[Dataset entries]
┌──

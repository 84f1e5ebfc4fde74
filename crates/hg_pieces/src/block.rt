ghost use Rattle.hg_io.specs.Printing.{PutsOn};
ghost use Rattle.std.specs.Prelude.{◌≡◌, ◌++◌, codes, length};
ghost use Rattle.hg_outcome.specs.Report.{balance_text, balances_text, effect_text, head_line, line_end};
ghost use Rattle.hg_pieces.specs.Pieces.{pieces_text};
ghost use Rattle.hg_pieces.specs.Writes.{PutsBlock, PutsOrder, PutsLine};

use crate::pieces::{Piece, name_of, write_pieces};
use hg_io::{Failed, Page, Sink};
use hg_life::Effect;
use hg_model::Bytes;
use hg_outcome::{Block, Head, OrderLine};

/// What came of an event's payload, behind a blank.
pub fn effect_pieces(effect: &Effect) -> [Piece<'_>; 4]
    ensures text { pieces_text result ≡ codes " " ++ effect_text effect.now }
    ensures four { length result ≡ 4 }
{
    let none = Piece::Bytes(b"");
    match effect {
        Effect::Empty => [Piece::Bytes(b" -"), none, none, none],
        Effect::Unread => [Piece::Bytes(b" unread"), none, none, none],
        Effect::Paid { done, of } => [
            Piece::Bytes(b" paid "),
            Piece::Number(u64::from(*done)),
            Piece::Bytes(b" of "),
            Piece::Number(u64::from(*of)),
        ],
    }
}

/// The end of a line of the order, with the event's name where it is asked for.
fn line_end(named: bool, line: &OrderLine) -> [Piece<'_>; 7]
    ensures { pieces_text result ≡ line_end named line.now }
{
    let [what, done, between, of_all] = effect_pieces(&line.effect);
    let end = Piece::Bytes(b"\n");
    if named {
        let name = Piece::Name(&line.name);
        [what, done, between, of_all, Piece::Bytes(b" "), name, end]
    } else {
        let none = Piece::Bytes(b"");
        [what, done, between, of_all, none, none, end]
    }
}

/// The line of a row of the order, with the event's name where it is asked for.
fn write_order_line<'a, K: Sink>(
    page: &mut Page,
    sink: &mut K,
    named: bool,
    names: &'a [Bytes],
    number: u64,
    line: &'a OrderLine,
) -> Result<(), Failed>
    ensures { PutsLine K.Sink sink.old sink.new page.old page.new named names.entry.now number line.entry.now result }
{
    let [what, done, between, of_all, blank, name, end] = line_end(named, line);
    write_pieces(
        page,
        sink,
        &[
            Piece::Number(number),
            Piece::Bytes(b" "),
            Piece::Bytes(name_of(names, usize::from(line.creator))),
            Piece::Bytes(b" "),
            Piece::Number(line.sequence),
            Piece::Bytes(b" round "),
            Piece::Number(u64::from(line.received)),
            Piece::Bytes(b" time "),
            Piece::Number(line.time),
            what,
            done,
            between,
            of_all,
            blank,
            name,
            end,
        ],
    )
}

/// The lines of an order, numbered from 1.
fn write_order<'a, K: Sink>(
    page: &mut Page,
    sink: &mut K,
    named: bool,
    names: &'a [Bytes],
    lines: &'a [OrderLine],
) -> Result<(), Failed>
    ensures { PutsOrder K.Sink sink.old sink.new page.old page.new named names.entry.now lines.entry.now result }
{
    for (i, line) in lines.iter().enumerate() {
        write_order_line(page, sink, named, names, i as u64 + 1, line)?;
    }
    Ok(())
}

fn write_balance<K: Sink>(
    page: &mut Page,
    sink: &mut K,
    names: &[Bytes],
    member: usize,
    balance: u64,
) -> Result<(), Failed>
    ensures { PutsOn K.Sink sink.old sink.new page.old page.new (balance_text names.now member balance) result }
{
    write_pieces(
        page,
        sink,
        &[
            Piece::Bytes(b"balance "),
            Piece::Bytes(name_of(names, member)),
            Piece::Bytes(b" "),
            Piece::Number(balance),
            Piece::Bytes(b"\n"),
        ],
    )
}

/// A line for each member's balance, in the order of the members.
fn write_balances<K: Sink>(
    page: &mut Page,
    sink: &mut K,
    names: &[Bytes],
    balances: &[u64],
) -> Result<(), Failed>
    ensures { PutsOn K.Sink sink.old sink.new page.old page.new (balances_text names.now 0 balances.now) result }
{
    for (i, balance) in balances.iter().enumerate() {
        write_balance(page, sink, names, i, *balance)?;
    }
    Ok(())
}

/// The first line of a block.
pub fn write_head<K: Sink>(
    page: &mut Page,
    sink: &mut K,
    names: &[Bytes],
    head: &Head,
) -> Result<(), Failed>
    ensures { PutsOn K.Sink sink.old sink.new page.old page.new (head_line names.now head.now) result }
{
    write_pieces(
        page,
        sink,
        &[
            Piece::Bytes(b"node "),
            Piece::Bytes(name_of(names, usize::from(head.member))),
            Piece::Bytes(b" events "),
            Piece::Number(head.events),
            Piece::Bytes(b" forkers "),
            Piece::Number(u64::from(head.forkers)),
            Piece::Bytes(b" round "),
            Piece::Number(u64::from(head.greatest)),
            Piece::Bytes(b" closed "),
            Piece::Number(u64::from(head.closed)),
            Piece::Bytes(b" ordered "),
            Piece::Number(head.ordered),
            Piece::Bytes(b"\n"),
        ],
    )
}

/// What is printed of a node.
pub fn write_block<'a, K: Sink>(
    page: &mut Page,
    sink: &mut K,
    named: bool,
    names: &'a [Bytes],
    block: &'a Block,
) -> Result<(), Failed>
    ensures { PutsBlock K.Sink sink.old sink.new page.old page.new named names.entry.now block.entry.now result }
{
    write_head(page, sink, names, &block.head())?;
    write_order(page, sink, named, names, block.order.as_slice())?;
    write_balances(page, sink, names, block.balances.as_slice())?;
    Ok(())
}
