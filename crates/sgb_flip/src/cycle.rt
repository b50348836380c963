ghost use Rattle.std.specs.Prelude.{◌≡◌, ◌+◌, ◌*◌, ◌≤◌, ◌⊎◌, length};
ghost use Rattle.sgb_flip.specs.Generator.{AreSmall};
ghost use Rattle.sgb_flip.specs.Private.Halves.{AreHalves, whole};
ghost use Rattle.sgb_flip.specs.Private.Run.{IsRun};
ghost use Rattle.sgb_flip.specs.Sequence.{difference, terms_after};

use std::simd::prelude::*;

/// Turns 55 words into the next 55 of their sequence (`gb_flip_cycle`). A new word is needed for the
/// one 24 places on, three vectors of eight words away: so 48 words go by vectors, and seven remain.
#[cold]
#[inline(never)]
pub(crate) fn cycle(words: &mut [u32])
    requires count { length words.old ≡ 55 }
    requires small { AreSmall words.old }
    ensures batch { words.new ≡ terms_after words.old 55 }
    ensures small { AreSmall words.new }
{
    renew_vectors(words, 0, 31);
    renew_vectors(words, 24, 0);
    renew(words, 48, 24, 7);
}

/// Turns 55 words into the 55 before them of their sequence.
#[cold]
#[inline(never)]
pub(crate) fn uncycle(words: &mut [u32])
    requires count { length words.old ≡ 55 }
    requires small { AreSmall words.old }
    ensures batch { terms_after words.new 55 ≡ words.old }
    ensures small { AreSmall words.new }
{
    uncycle_by(words, 1);
}

/// Turns 55 words on by whole batches.
pub(crate) fn cycle_by(words: &mut [u32], batches: u64)
    requires count { length words.old ≡ 55 }
    requires small { AreSmall words.old }
    ensures batch { words.new ≡ terms_after words.old (55 * batches) }
    ensures small { AreSmall words.new }
{
    for _turn in 0..batches {
        cycle(words);
    }
}

/// Turns 55 words back by whole batches. Meanwhile they stand in two vectors: in memory each batch would
/// have to wait until the last one was written. They are reduced modulo 2^31 at the end.
pub(crate) fn uncycle_by(words: &mut [u32], batches: u64)
    requires count { length words.old ≡ 55 }
    requires small { AreSmall words.old }
    ensures batch { terms_after words.new (55 * batches) ≡ words.old }
    ensures small { AreSmall words.new }
{
    let mut low = u32x32::from_slice(words);
    let mut high = u32x32::from_slice(&words[23..]);
    for _turn in 0..batches {
        (low, high) = restored(low, high);
    }
    let mask = u32x32::splat(0x7fff_ffff);
    (high & mask).copy_to_slice(&mut words[23..]);
    (low & mask).copy_to_slice(words);
}

// Goes one batch back. Each word from the 25th on is joined with the one 24 places before it, and then each
// of the first 24 with the new one 31 places after it.
#[inline(always)]
fn restored(low: u32x32, high: u32x32) -> (u32x32, u32x32)
    requires halves { AreHalves low high }
    ensures halves { AreHalves result.0 result.1 }
    ensures batch { terms_after (whole result.0 result.1) 55 ≡ whole low high }
{
    let earlier_high = high + low.rotate_elements_right::<1>();
    let added = earlier_high.shuffle(
        low,
        [
            8, 9, 10, 11, 12, 13, 14, 15, 16, 17, 18, 19, 20, 21, 22, 23, 24, 25, 26, 27, 28, 29,
            30, 31, 32, 33, 34, 35, 36, 37, 38, 39,
        ],
    );
    (low + added, earlier_high)
}

// Takes the 24 words from `from` on off those from `at` on, by three vectors.
fn renew_vectors(words: &mut [u32], at: usize, from: usize)
    requires small { AreSmall words.old }
    requires to_end { at + 24 ≤ length words.old }
    requires from_end { from + 24 ≤ length words.old }
    requires apart { (from + 24 ≤ at) ⊎ (at + 24 ≤ from) }
    ensures run { IsRun difference at from 24 words.old words.new }
    ensures small { AreSmall words.new }
{
    for k in 0..3usize {
        renew_eight(words, at + 8 * k, from + 8 * k);
    }
}

// Takes eight words off eight others, lane by lane.
fn renew_eight(words: &mut [u32], at: usize, from: usize)
    requires small { AreSmall words.old }
    requires to_end { at + 8 ≤ length words.old }
    requires from_end { from + 8 ≤ length words.old }
    ensures run { IsRun difference at from 8 words.old words.new }
    ensures small { AreSmall words.new }
{
    let reduced = u32x8::from_slice(&words[at..]);
    let taken = u32x8::from_slice(&words[from..]);
    let renewed = (reduced - taken) & u32x8::splat(0x7fff_ffff);
    renewed.copy_to_slice(&mut words[at..]);
}

// Takes the words from `from` on off those from `at` on.
fn renew(words: &mut [u32], at: usize, from: usize, count: usize)
    requires small { AreSmall words.old }
    requires to_end { at + count ≤ length words.old }
    requires from_end { from + count ≤ length words.old }
    requires apart { (from + count ≤ at) ⊎ (at + count ≤ from) }
    ensures run { IsRun difference at from count words.old words.new }
    ensures small { AreSmall words.new }
{
    for k in 0..count {
        words[at + k] = (words[at + k] + 0x8000_0000 - words[from + k]) % 0x8000_0000;
    }
}
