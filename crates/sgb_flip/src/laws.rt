//! Laws about the definitions that the contracts cite. Each function does nothing: its clauses are
//! the law.
ghost use Rattle.std.specs.Prelude.{◌≡◌, ◌<◌, ◌≤◌, ◌+◌, ◌-◌, ◌^◌, ℕ, List, length, slice_index};
ghost use Rattle.sgb_flip.specs.Generator.{Generator, HasNoUniform, IsGenerator, IsSeeding, IsUniform, after, drawn, seed_words, uniform};
ghost use Rattle.sgb_flip.specs.Sequence.{IsSequence, term, terms_after};

/// `term words` is the sequence that the words begin, and the only one.
pub fn sequence_law()
    ensures holds { (words : List ℕ) → IsSequence words (term words) }
    ensures only { (words : List ℕ) (c : ℕ → ℕ) → IsSequence words c → (n : ℕ) → 1 ≤ n → c n ≡ term words n }
{}

/// `seed_words` fills the words as a seed does, and no other list of 55 words does.
pub fn seeding_law()
    ensures holds { (x : ℕ) → IsSeeding x (seed_words x) }
    ensures only { (x : ℕ) (words : List ℕ) → length words ≡ 55 → IsSeeding x words → words ≡ seed_words x }
{}

/// `drawn` and `after` are told by single draws. A draw takes the last unread word; where none is
/// unread, the next 55 terms take the words' place first.
pub fn draws_law()
    ensures none { (w : Generator) → IsGenerator w → after w 0 ≡ w }
    ensures more { (w : Generator) (i j : ℕ) → after (after w i) j ≡ after w (i + j) }
    ensures number { (w : Generator) (i j : ℕ) → IsGenerator w →
        drawn (after w i) j ≡ drawn w (i + j) }
    ensures read { (w : Generator) → IsGenerator w → 0 < w.unread →
        (drawn w 0 ≡ slice_index w.words (w.unread - 1))
        × (after w 1 ≡ record w { unread = w.unread - 1 }) }
    ensures refilled { (w : Generator) → w.unread ≡ 0 →
        (drawn w 0 ≡ slice_index (terms_after w.words 55) 54)
        × (after w 1 ≡ record { words = terms_after w.words 55; unread = 54 }) }
    // So `back` after `next` changes nothing; `next` after `back` does not by the clause `before`.
    ensures only { (v w : Generator) (n : ℕ) → IsGenerator v → IsGenerator w →
        after v n ≡ after w n → v ≡ w }
{}

/// From each generator and for each bound there is a uniform number within 1,814 draws. The function
/// `uniform` tells it, and the relation `IsUniform` has no other.
pub fn uniform_law()
    ensures some { (w : Generator) (m : ℕ) → IsGenerator w → 1 ≤ m → m ≤ 2 ^ 31 →
        ¬ HasNoUniform w m }
    ensures holds { (w : Generator) (m : ℕ) → IsGenerator w → 1 ≤ m → m ≤ 2 ^ 31 →
        IsUniform w m (uniform w m).value (uniform w m).draws (uniform w m).rest }
    ensures only { (w : Generator) (m value draws : ℕ) (rest : Generator) →
        IsUniform w m value draws rest →
        record { value = value; draws = draws; rest = rest } ≡ uniform w m }
{}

└──

Task to complete - Pull out the lines above in which the word "asked" appears.

Written answer -
/// The end of a line of the order, with the event's name where it is asked for.
/// The line of a row of the order, with the event's name where it is asked for.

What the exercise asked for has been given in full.